Pull from the data below each line where the word "parameters" occurs, and copy it.

Excerpted records section start

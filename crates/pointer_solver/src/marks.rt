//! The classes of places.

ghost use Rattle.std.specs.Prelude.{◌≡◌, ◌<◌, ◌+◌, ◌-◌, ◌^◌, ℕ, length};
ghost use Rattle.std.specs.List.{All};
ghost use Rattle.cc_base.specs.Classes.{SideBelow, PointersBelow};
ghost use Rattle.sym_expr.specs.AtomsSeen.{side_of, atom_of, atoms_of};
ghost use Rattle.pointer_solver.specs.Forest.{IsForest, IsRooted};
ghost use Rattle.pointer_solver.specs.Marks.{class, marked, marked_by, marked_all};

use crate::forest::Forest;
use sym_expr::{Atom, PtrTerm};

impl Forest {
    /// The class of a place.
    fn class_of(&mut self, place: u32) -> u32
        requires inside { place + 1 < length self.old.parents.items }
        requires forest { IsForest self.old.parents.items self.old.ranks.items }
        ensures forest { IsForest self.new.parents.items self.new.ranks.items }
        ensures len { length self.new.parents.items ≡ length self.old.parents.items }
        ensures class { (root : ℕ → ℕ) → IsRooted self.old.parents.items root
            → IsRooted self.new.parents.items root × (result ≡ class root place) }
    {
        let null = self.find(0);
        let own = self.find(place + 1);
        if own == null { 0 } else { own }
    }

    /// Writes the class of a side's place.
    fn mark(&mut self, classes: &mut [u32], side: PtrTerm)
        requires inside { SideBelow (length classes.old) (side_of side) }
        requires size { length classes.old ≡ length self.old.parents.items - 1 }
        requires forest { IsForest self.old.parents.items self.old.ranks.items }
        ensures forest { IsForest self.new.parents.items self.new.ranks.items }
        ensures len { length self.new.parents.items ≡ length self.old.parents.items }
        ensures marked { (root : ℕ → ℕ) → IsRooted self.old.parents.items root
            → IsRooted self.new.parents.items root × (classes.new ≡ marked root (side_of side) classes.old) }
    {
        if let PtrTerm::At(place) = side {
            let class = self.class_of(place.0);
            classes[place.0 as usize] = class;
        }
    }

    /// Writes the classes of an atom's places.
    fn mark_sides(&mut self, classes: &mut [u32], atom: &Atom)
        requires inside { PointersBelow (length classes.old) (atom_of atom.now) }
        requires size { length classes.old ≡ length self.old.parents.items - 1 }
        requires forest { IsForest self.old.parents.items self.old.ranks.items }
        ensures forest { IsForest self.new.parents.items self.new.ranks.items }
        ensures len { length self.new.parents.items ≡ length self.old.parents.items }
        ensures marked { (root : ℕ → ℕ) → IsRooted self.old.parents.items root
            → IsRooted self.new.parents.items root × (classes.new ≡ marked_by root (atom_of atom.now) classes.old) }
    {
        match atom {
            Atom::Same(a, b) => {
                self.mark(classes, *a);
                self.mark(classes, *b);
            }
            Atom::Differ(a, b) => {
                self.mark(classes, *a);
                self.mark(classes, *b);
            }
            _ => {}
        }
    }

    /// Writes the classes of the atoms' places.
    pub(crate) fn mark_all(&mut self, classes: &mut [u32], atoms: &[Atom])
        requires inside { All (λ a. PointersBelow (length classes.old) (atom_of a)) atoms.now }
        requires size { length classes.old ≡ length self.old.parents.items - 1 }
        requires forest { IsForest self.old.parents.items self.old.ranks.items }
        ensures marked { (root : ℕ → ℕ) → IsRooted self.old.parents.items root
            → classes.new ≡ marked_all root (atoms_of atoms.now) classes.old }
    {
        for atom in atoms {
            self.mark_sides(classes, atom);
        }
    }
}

Excerpted records section end
Excerpted records section start

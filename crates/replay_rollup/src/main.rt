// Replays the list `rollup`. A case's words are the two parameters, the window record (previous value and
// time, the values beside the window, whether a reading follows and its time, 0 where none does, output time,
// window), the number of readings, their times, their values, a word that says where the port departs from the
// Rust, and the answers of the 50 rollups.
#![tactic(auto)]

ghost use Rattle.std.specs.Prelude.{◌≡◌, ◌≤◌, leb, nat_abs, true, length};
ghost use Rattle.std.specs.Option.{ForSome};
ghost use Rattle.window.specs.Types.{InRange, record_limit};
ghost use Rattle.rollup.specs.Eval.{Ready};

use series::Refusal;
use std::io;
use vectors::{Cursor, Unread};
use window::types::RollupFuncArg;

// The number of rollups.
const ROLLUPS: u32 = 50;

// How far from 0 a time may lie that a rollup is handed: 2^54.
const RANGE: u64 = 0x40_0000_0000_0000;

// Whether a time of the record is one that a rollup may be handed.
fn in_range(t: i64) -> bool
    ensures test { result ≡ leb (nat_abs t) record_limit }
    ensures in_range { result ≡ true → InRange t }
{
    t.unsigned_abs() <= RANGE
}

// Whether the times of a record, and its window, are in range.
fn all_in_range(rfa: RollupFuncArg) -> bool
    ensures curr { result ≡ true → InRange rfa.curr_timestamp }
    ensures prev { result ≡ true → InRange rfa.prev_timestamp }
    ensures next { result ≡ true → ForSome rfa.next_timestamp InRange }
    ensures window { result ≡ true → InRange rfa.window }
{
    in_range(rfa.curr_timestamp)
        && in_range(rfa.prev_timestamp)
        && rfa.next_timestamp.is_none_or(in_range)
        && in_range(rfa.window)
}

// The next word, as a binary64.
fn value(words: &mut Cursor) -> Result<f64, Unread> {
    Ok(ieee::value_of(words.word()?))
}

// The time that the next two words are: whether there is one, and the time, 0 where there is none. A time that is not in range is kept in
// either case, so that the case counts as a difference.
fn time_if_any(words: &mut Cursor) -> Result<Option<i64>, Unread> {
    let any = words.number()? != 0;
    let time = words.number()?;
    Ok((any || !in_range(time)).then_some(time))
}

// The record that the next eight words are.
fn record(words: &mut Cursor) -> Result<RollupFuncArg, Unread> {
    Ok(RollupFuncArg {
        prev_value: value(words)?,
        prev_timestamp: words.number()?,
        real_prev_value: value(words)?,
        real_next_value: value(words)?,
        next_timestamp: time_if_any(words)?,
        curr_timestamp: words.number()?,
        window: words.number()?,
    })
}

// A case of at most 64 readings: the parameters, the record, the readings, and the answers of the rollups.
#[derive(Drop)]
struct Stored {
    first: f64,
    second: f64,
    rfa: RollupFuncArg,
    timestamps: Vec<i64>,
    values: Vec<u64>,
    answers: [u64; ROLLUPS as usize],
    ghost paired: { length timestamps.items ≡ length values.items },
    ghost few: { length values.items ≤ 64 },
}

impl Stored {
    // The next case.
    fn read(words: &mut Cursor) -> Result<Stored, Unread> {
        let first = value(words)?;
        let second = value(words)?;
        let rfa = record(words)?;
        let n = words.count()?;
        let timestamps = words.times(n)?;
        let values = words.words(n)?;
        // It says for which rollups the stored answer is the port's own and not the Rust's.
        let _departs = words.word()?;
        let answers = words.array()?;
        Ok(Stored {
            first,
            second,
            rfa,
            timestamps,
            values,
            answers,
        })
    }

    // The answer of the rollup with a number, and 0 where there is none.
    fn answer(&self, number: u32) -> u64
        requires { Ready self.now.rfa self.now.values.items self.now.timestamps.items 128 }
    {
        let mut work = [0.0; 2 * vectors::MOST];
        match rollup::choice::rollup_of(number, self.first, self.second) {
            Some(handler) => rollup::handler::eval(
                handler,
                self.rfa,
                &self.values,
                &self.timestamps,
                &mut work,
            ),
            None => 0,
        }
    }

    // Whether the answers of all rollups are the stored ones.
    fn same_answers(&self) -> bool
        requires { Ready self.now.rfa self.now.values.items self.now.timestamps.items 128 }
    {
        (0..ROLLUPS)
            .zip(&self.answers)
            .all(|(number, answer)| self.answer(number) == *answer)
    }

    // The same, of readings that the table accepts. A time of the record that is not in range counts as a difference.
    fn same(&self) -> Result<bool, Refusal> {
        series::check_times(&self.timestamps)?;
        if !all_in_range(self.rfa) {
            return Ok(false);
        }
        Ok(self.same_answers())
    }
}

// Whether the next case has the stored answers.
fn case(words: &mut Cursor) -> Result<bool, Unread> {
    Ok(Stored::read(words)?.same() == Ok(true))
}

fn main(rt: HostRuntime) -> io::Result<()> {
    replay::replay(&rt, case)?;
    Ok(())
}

Excerpted records section end
Excerpted records section start

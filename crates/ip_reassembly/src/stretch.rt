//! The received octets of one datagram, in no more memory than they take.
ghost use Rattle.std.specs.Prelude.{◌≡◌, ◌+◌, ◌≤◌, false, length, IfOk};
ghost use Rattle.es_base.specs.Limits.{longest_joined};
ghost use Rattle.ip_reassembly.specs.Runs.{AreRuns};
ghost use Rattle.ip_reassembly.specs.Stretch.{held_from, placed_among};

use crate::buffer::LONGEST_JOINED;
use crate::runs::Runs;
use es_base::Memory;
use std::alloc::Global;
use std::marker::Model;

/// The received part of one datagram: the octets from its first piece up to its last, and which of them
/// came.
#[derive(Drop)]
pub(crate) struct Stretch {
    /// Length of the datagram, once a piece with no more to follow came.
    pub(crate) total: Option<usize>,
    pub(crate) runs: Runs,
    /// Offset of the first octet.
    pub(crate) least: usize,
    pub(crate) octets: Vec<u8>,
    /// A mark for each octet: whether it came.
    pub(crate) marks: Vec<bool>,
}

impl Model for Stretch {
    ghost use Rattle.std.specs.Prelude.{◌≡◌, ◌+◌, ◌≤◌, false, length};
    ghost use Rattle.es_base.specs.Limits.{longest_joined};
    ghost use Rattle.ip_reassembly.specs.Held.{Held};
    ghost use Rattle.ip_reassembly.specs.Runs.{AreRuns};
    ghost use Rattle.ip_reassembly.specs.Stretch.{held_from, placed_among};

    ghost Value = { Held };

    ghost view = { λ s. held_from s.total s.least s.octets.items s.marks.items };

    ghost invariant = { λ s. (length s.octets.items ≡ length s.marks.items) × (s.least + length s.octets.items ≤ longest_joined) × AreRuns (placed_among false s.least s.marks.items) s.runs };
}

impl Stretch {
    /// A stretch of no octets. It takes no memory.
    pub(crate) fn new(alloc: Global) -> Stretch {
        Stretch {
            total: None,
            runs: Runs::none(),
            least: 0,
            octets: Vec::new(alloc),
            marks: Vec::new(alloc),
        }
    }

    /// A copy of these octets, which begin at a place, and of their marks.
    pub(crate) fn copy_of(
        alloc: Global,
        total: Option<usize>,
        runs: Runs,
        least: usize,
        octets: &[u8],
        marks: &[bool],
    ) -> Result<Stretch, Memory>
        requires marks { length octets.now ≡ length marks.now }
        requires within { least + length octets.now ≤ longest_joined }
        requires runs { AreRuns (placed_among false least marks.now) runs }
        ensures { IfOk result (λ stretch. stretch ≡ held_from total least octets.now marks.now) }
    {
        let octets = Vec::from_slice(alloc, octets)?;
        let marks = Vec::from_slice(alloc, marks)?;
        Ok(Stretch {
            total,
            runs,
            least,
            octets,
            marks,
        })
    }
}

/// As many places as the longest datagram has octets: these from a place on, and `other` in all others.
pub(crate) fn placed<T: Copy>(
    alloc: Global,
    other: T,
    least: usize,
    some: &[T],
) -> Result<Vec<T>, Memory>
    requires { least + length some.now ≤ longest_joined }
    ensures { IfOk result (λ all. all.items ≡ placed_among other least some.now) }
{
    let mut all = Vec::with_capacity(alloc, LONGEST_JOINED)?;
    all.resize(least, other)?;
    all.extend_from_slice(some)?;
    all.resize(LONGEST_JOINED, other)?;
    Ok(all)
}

Excerpted records section end

* **Solution**:
// Replays the list `rollup`. A case's words are the two parameters, the window record (previous value and
// A case of at most 64 readings: the parameters, the record, the readings, and the answers of the rollups.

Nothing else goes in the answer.